Dr. Brook rolls right along and talks about the Tulsi Gabbard interview with John Stossel and how she basically “wants the same thing that other Democrats want.” In a minor interruption to the new topic, a commenter says that they eat “Icelandic food.” Dr. Brook takes a fly swatter to this speech and says that Chinese food is multilayered and “amazing.” Back to Gabbard and Stossel. The listeners and viewers pick up on the fact that Assad is a “murderous despot.” Dr. Brook notices Gabbard’s reaction. His ever so subtle way of presenting ideas like Gabbard rolling her eyes at the idea that Assad is a tyrant is certainly telling. On the right, Trump negotiates with the leader of North Korea. On the left, Gabbard has a soft spot for this totalitarian. Dr. Brook holds that the “enemy of your enemy is not your friend.” Gabbard offers examples throughout history where United States leaders met with Stalin (Roosevelt), Khrushchev (JFK), and Mao (Nixon). Now, she gives another instance with Reagan and Gorbachev but this was during a “winding down” and Dr. Brook is still skeptical about whether this meeting was a good thing.

Moral courage ought to be given to the protesters in Hong Kong, Dr. Brook mentions. He says that he’s “heartless” because he would not have supported the US in intervening in Germany to save Jews. He is selfish and healthy minded in this way of thinking. He doesn’t advocate for building sewer systems or dropping food packages in countries that despise and pose a threat to the United States. The great tragedy of the modern era is that “no one fights to win anymore.” The questions that nobody talks about are why we go to war? What are America’s interests? How best do we protect those interests? On to the Super Chats.

Dr. Brook says that Big Pharma makes money by making our lives better. They deserve all of their money and the R&D is such that they have to make money from these drugs in order to experiment and make new things. A private market is essential in the face of government’s overbearing presence. The next question concerns the New Atheists. Only thinking to a point is what Dr. Brook says about them. They’re not that deep. They claim to be for the mind and reality but cannot see how challenging altruism is much more difficult. It’s ingrained. It’s so deep within the culture that to go up against the morality of thousands of years is something that these people refuse to do. Dr. Brook holds that the New Atheists are tainted by the idea of “imperfection” in human beings and that people can’t be “completely free.”
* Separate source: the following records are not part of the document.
//! Bodies and functions of cases.

use idl_parse::{ParseFault, parse_body, parse_functions};
use idl_tree::{Base, BitPart, BitParts, Body, Functions, Variable, Variables};
use std::alloc::{AllocError, Global};
use udb_base::{Many, Name, NoMemory, both};

/// No source is longer.
const LONGEST: usize = 16_777_216;

fn unless_memory<T: Drop>(read: Result<T, ParseFault>) -> Result<Option<T>, NoMemory> {
    match read {
        Ok(tree) => Ok(Some(tree)),
        Err(ParseFault::Memory) => Err(AllocError),
        Err(_) => Ok(None),
    }
}

/// The body that a source spells, where it spells one.
pub fn body_of(alloc: Global, source: &str) -> Result<Option<Body>, NoMemory> {
    if source.len() > LONGEST {
        return Ok(None);
    }
    unless_memory(parse_body(alloc, source))
}

/// The functions that a source spells, where it spells some.
pub fn functions_of(alloc: Global, source: &str) -> Result<Option<Functions>, NoMemory> {
    if source.len() > LONGEST {
        return Ok(None);
    }
    unless_memory(parse_functions(alloc, source))
}

fn place_number(text: &str) -> u16 {
    text.parse::<u16>().unwrap_or(0)
}

fn parts_of(alloc: Global, text: &str) -> Result<BitParts, NoMemory> {
    let mut parts = Many::new(alloc);
    for word in text.split('+') {
        let (high, low) = word.split_once('-').unwrap_or((word, word));
        parts.push(BitPart {
            high: place_number(high),
            low: place_number(low),
        })?;
    }
    Ok(parts)
}

fn variable_of(alloc: Global, name: &str, text: &str) -> Result<Variable, NoMemory> {
    let (text, base) = match text.split_once('@') {
        Some((text, "32")) => (text, Base::Rv32),
        Some((text, _)) => (text, Base::Rv64),
        None => (text, Base::All),
    };
    let (parts, shift) = text.split_once('<').unwrap_or((text, "0"));
    let (name, location) = both(Name::of(alloc, name), parts_of(alloc, parts))?;
    Ok(Variable {
        base,
        name,
        location,
        shift: shift.parse::<u8>().unwrap_or(0),
    })
}

fn push_variable(to: &mut Variables, one: Result<Variable, NoMemory>) -> Result<(), NoMemory> {
    to.push(one?)?;
    Ok(())
}

/// The variables of an encoding among words: `$NAME=PARTS`, where the parts are runs of bits joined by `+`, the first
/// highest, behind which may stand `<` and a shift to the left, and `@` and the width of the registers that it
/// stands for.
pub fn variables_of(alloc: Global, words: &str) -> Result<Variables, NoMemory> {
    let mut variables = Many::new(alloc);
    for word in words.split(' ') {
        if let Some(rest) = word.strip_prefix('$') {
            let (name, text) = rest.split_once('=').unwrap_or((rest, ""));
            push_variable(&mut variables, variable_of(alloc, name, text))?;
        }
    }
    Ok(variables)
}
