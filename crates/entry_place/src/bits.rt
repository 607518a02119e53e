//! The bits of parts.

ghost use Rattle.std.specs.Prelude.{◌≡◌};
ghost use Rattle.entry_place.specs.Places as spec;

use idl_tree::BitPart;

/// How many bits a part has.
pub fn width(part: &BitPart) -> u32
    ensures { result ≡ spec.width part.now }
{
    u32::from(part.high.saturating_sub(part.low)) + 1
}

/// Whether the parts have at most so many bits.
pub fn has_bits_within(parts: &[BitPart], most: u32) -> bool
    ensures { result ≡ spec.has_bits_within most parts.now }
{
    let mut left = most;
    for part in parts {
        let bits = width(part);
        if bits > left {
            return false;
        }
        left -= bits;
    }
    true
}

fn are_apart(a: &BitPart, b: &BitPart) -> bool
    ensures { result ≡ spec.are_apart a.now b.now }
{
    a.high < b.low || b.high < a.low
}

/// Whether no bit of a part stands in any of the others.
pub fn is_apart_from(others: &[BitPart], part: &BitPart) -> bool
    ensures { result ≡ spec.is_apart_from others.now part.now }
{
    for other in others {
        if !are_apart(part, other) {
            return false;
        }
    }
    true
}

/// Whether no bit stands twice. The time is that of the parts squared.
pub fn has_each_bit_once(parts: &[BitPart]) -> bool
    ensures { result ≡ spec.has_each_bit_once parts.now }
{
    for (place, part) in parts.iter().enumerate() {
        if !is_apart_from(&parts[place + 1..], part) {
            return false;
        }
    }
    true
}
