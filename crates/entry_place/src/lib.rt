//! Where the parts of instructions and registers stand: matches, and the locations of variables and
//! of fields.
#![tactic(auto)]

mod bits;
mod locations;
mod matches;
mod numbers;

pub use locations::{field_place, variable_location};
pub use matches::{fits_match, is_match};
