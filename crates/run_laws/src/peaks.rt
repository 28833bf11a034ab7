ghost use Rattle.run_laws.specs.Peaks.{PeakStep, HeldCounts, PeakWithin};

/// The peak behind one token more.
pub fn peak_step()
    ensures { PeakStep }
{}

/// How many nodes are held behind a token, and behind actions.
pub fn held_counts()
    ensures { HeldCounts }
{}

/// Where actions are taken late, the nodes held are at least the peak, and more than it by fewer than the tokens.
pub fn peak_within()
    ensures { PeakWithin }
{}
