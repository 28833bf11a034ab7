ghost use Rattle.run_laws.specs.Sums.{SumsByFeed, SumsByAct, TakenIsGiven};

/// A token adds the roles that are given to its node, and those of them that are taken in advance.
pub fn sums_by_feed()
    ensures { SumsByFeed }
{}

/// An action takes its role back from the nodes that have it live no more.
pub fn sums_by_act()
    ensures { SumsByAct }
{}

/// At the end all that was given is taken back.
pub fn taken_is_given()
    ensures { TakenIsGiven }
{}
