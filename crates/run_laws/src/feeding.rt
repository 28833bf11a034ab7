ghost use Rattle.run_laws.specs.Feeding.{NodesGrow, MatchesGrow, TruthStays, OpenChain};

/// The nodes, and the matches of a path, stay in front of the new ones.
pub fn nodes_grow()
    ensures { NodesGrow }
{}

/// The matches of a path stay in front of the new ones, which have new numbers.
pub fn matches_grow()
    ensures { MatchesGrow }
{}

/// A truth that is known stays.
pub fn truth_stays()
    ensures { TruthStays }
{}

/// The open nodes are a chain.
pub fn open_chain()
    ensures { OpenChain }
{}
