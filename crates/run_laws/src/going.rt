ghost use Rattle.run_laws.specs.Going.{KnownGoesOn, TraceGoesOn, PeakGoesOn};

/// Where an open tree grows, what is settled only goes on.
pub fn known_goes_on()
    ensures { KnownGoesOn }
{}

/// Where an open tree grows, the trace of the demand run only goes on.
pub fn trace_goes_on()
    ensures { TraceGoesOn }
{}

/// Where an open tree grows, the peak of the demand run doesn't fall.
pub fn peak_goes_on()
    ensures { PeakGoesOn }
{}
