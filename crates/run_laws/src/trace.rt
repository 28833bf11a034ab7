ghost use Rattle.run_laws.specs.Trace.{OneDemandRun, EventsAreReached, TraceByEvents, OneTelling, PeakIsGreatest};

/// There is one demand run over tokens each of which may come.
pub fn one_demand_run()
    ensures { OneDemandRun }
{}

/// The events of the demand run go from core states to core states.
pub fn events_are_reached()
    ensures { EventsAreReached }
{}

/// The trace tells of the document node, and then of each event of the demand run.
pub fn trace_by_events()
    ensures { TraceByEvents }
{}

/// Events are told by one list of lines.
pub fn one_telling()
    ensures { OneTelling }
{}

/// The peak is reached in the opening state or behind some token, and never passed.
pub fn peak_is_greatest()
    ensures { PeakIsGreatest }
{}
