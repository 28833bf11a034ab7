//! Laws on the demand run, its trace and its peak, on turns of the two actors, and on what an evaluator and an engine
//! need of runs. Each is the contract of a function that does nothing: who calls it knows the law.
#![tactic(auto)]

mod bindings;
mod feeding;
mod going;
mod peaks;
mod sums;
mod trace;
mod turning;

pub use bindings::{loop_variable_free, plan_acts, round_variable_free};
pub use feeding::{matches_grow, nodes_grow, open_chain, truth_stays};
pub use going::{known_goes_on, peak_goes_on, trace_goes_on};
pub use peaks::{held_counts, peak_step, peak_within};
pub use sums::{sums_by_act, sums_by_feed, taken_is_given};
pub use trace::{
    events_are_reached, one_demand_run, one_telling, peak_is_greatest, trace_by_events,
};
pub use turning::{one_turn_more, turns_reach, turns_reach_all};
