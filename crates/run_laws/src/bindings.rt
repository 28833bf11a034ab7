ghost use Rattle.run_laws.specs.Bindings.{LoopVariableFree, RoundVariableFree, PlanActs};

/// The variable of a loop that comes next isn't bound below.
pub fn loop_variable_free()
    ensures { LoopVariableFree }
{}

/// That of a round isn't bound below it.
pub fn round_variable_free()
    ensures { RoundVariableFree }
{}

/// A plan's run isn't over without an action, and until its last one the document node is held.
pub fn plan_acts()
    ensures { PlanActs }
{}
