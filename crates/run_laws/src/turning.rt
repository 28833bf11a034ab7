ghost use Rattle.run_laws.specs.Turning.{TurnsReach, TurnsReachAll, OneTurnMore};

/// Turns in any order reach a core state.
pub fn turns_reach()
    ensures { TurnsReach }
{}

/// Each core state is reached by some turns.
pub fn turns_reach_all()
    ensures { TurnsReachAll }
{}

/// One turn more goes on from what those before it reach.
pub fn one_turn_more()
    ensures { OneTurnMore }
{}
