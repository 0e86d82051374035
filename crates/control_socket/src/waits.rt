//! What faults of a socket or its file mean.
ghost use Rattle.std.specs.Prelude.{◌≡◌};
ghost use Rattle.control_socket.specs.Waits.{is_gone, is_quiet};

use std::io::ErrorKind;

/// Tests whether a call that failed with this error may be made again: its wait is over, or it was interrupted.
pub(crate) fn is_quiet(kind: ErrorKind) -> bool
    ensures { result ≡ is_quiet kind }
{
    matches!(
        kind,
        ErrorKind::WouldBlock | ErrorKind::TimedOut | ErrorKind::Interrupted
    )
}

/// Tests whether a file or its server is missing.
pub(crate) fn is_gone(kind: ErrorKind) -> bool
    ensures { result ≡ is_gone kind }
{
    matches!(kind, ErrorKind::NotFound | ErrorKind::ConnectionRefused)
}
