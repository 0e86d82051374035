//! The state: what the database knows at one moment, and what one event does to it. Events are sessions that come up
//! and go down, the end of synchronization, state reports, peers that expire, LSPs that are given back to their peers,
//! requests that a peer refuses, and handing out the messages that wait for a peer.
//!
//! `State::step` is the definition `step` of `specs/Steps.antt` in full, both the state after it and the reply. A
//! refused event changes nothing, and if memory runs out nothing has changed. An event of a peer changes only the
//! paths, the records, the session and the messages of that peer (`specs/Laws.antt`). What is left of a link is the
//! share rule of `lsp_base` over the paths of the state, read from the stored sums of a book that stands for them
//! (`specs/Networks.antt`). Every state that events lead to is consistent (`specs/Consistent.antt`), and the order of
//! its paths, records and names makes no difference to what follows (`order_makes_no_difference`).
//!
//! A state begins with nothing (`State::new`), or with what was read (`State::over`). What was read is refused exactly
//! if it may not stand over the network (`MayStand` of `specs/Bases.antt`). What was copied from a state may stand
//! (`State::what_stands_may_stand`).
//!
//! ```text
//! fn left_after(state: &mut State, event: &Event) -> Result<Option<i64>, AllocError>
//!     requires changes { state.old.changes < 2 ^ 62 }
//!     requires sessions { state.old.last_session < 2 ^ 62 }
//!     ensures state { OnOk result (state.new ≡ (step state.old event.now).state) }
//!     ensures left { IfOk result (λ left. IfSome left (λ n. n ≡ unreserved state.new.te.links state.new.base.paths 0 7)) }
//! {
//!     let _reply = state.step(event)?;
//!     Ok(state.unreserved(0, Priority::capped(7)))
//! }
//! ```
#![tactic(auto)]

mod base;
mod event;
mod job;
mod laws;
mod name_table;
mod names;
mod network;
mod peer;
mod peer_list;
mod queue;
mod shared_event;
mod state;

pub use base::Base;
pub use commit_core::{LspName, Purpose, Ticket};
pub use event::{Event, Reply};
pub use job::Job;
pub use laws::{order_makes_no_difference, reload_moves_one_link};
pub use link_reload::LinkReload;
pub use lsp_base::Why;
pub use names::AwaitedName;
pub use peer::{PEER_LIMIT, Peer};
pub use queue::Queue;
pub use shared_event::SharedEvent;
pub use state::State;
pub use ticket_table::TICKET_LIMIT;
The internet provides a sense of motivation for Dr. Brook. He knows that the web has boosted his following. A question concerning life and death prompts Dr. Brook to say how murder is destructive more to the murderer than the victim as he or she must evade. Additionally, they must live with the fact that others want to destroy them (if they don’t kill themselves). Dr. Brook handles a hypothetical about whether Germany would’ve won the war with the use of nuclear warfare.

“One of the values of speaking with other people is the reflection back on your values,” Dr. Brook says. He claims that you speak to people that you care about to fuel your spirit because your friend is a value. Friendship is “ongoing... and permanent” and something that you can share with in this context.

Dr. Brook saves the last question as dessert. He unloads all kinds of recommendations for a places for a questioner to walk, eat, and adore.